■ **REQUIREMENT**
The answer is a stretch of the material below, returned exactly: the line containing "would be needed", the line containing "#[tactic(auto, using(crate::specs::Part::block_within))]", and all lines between.

■ **MATERIALS PROVIDED**
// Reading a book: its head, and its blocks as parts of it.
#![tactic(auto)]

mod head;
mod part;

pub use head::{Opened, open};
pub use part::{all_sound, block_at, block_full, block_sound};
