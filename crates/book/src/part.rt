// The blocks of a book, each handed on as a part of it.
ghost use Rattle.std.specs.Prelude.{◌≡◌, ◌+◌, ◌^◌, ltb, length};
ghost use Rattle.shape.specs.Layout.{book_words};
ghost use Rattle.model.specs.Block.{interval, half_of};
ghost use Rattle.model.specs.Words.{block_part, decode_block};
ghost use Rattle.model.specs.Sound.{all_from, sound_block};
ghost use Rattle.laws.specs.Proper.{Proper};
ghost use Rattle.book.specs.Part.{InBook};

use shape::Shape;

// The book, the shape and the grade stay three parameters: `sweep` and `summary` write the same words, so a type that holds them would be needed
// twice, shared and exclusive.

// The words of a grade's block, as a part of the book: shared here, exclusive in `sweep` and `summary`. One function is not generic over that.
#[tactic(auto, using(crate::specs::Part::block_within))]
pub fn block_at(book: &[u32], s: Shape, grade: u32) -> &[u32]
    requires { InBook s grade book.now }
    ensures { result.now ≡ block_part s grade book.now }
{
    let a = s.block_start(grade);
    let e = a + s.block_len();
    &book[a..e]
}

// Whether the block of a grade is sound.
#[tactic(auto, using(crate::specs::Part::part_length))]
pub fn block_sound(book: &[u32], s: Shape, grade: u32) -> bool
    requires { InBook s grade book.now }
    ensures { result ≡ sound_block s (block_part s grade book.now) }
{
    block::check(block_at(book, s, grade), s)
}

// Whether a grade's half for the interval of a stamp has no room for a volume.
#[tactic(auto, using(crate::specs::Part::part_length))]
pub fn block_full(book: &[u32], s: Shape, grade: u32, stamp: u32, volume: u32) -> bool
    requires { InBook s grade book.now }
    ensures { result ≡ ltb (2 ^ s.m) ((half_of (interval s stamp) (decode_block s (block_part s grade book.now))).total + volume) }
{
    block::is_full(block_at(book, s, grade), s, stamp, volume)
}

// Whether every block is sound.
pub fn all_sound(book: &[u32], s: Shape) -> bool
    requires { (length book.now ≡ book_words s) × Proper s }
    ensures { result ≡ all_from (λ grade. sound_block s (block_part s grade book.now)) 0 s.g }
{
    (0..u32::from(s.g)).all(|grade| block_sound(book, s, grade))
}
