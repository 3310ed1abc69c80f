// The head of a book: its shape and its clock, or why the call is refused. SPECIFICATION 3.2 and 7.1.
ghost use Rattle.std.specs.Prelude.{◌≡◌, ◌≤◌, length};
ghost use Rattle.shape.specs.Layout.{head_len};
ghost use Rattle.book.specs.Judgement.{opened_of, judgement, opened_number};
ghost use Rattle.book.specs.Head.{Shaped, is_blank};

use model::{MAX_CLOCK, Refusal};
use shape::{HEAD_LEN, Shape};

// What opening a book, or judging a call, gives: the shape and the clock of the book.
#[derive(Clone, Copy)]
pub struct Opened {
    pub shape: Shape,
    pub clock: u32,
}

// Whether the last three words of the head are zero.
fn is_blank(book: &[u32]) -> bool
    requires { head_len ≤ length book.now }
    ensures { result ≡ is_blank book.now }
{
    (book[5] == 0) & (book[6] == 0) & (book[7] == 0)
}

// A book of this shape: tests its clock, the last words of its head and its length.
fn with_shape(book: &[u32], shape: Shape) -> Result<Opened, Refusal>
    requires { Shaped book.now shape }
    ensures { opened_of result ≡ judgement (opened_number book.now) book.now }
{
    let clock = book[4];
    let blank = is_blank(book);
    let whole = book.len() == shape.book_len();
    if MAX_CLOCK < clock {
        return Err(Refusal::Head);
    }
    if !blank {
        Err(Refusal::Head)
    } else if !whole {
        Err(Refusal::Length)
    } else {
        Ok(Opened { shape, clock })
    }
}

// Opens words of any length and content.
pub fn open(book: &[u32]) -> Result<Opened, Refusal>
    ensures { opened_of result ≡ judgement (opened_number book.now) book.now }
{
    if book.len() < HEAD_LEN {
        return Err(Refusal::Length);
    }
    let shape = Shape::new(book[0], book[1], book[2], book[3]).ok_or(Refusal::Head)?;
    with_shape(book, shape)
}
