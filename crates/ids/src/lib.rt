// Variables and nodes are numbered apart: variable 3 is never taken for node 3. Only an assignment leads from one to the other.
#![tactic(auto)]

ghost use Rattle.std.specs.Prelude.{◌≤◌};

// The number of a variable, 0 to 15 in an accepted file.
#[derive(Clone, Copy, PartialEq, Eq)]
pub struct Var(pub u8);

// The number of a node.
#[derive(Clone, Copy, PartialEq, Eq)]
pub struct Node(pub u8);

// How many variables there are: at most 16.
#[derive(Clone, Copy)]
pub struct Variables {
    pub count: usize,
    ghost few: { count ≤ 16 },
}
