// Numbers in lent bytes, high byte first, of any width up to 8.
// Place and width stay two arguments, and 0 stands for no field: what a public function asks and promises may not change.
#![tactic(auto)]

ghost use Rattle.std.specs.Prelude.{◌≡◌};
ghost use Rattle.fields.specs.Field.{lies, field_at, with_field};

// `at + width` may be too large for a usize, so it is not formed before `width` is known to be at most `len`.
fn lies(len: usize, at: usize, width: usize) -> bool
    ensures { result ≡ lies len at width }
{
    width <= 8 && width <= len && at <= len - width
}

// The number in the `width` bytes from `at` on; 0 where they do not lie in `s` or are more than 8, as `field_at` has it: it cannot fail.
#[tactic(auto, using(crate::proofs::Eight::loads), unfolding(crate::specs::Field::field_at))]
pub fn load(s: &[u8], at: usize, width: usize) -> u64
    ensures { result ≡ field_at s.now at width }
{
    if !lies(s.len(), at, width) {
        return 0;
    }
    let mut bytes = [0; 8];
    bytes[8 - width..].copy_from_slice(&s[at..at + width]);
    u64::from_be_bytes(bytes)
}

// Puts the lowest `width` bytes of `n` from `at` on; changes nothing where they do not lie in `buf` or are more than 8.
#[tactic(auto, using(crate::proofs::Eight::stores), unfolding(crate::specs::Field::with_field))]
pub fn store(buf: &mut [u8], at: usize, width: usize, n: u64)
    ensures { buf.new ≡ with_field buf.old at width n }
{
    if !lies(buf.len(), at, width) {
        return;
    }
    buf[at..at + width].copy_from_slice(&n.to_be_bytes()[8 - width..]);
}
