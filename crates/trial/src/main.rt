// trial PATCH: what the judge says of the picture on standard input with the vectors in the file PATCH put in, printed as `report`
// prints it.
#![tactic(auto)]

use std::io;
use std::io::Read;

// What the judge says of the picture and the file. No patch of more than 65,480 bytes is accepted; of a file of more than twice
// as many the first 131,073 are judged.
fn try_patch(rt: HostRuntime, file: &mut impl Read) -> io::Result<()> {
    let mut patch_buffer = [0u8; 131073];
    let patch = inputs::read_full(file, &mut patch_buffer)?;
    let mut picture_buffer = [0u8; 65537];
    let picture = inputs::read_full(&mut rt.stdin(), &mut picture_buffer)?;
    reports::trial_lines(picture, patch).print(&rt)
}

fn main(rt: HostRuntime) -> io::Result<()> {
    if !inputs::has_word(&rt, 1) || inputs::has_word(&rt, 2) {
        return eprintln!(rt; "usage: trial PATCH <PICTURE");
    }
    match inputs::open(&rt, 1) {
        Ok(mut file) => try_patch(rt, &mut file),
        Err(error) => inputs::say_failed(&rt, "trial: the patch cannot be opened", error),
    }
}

■ **TASK SOLUTION**
// The book, the shape and the grade stay three parameters: `sweep` and `summary` write the same words, so a type that holds them would be needed
// twice, shared and exclusive.

// The words of a grade's block, as a part of the book: shared here, exclusive in `sweep` and `summary`. One function is not generic over that.
#[tactic(auto, using(crate::specs::Part::block_within))]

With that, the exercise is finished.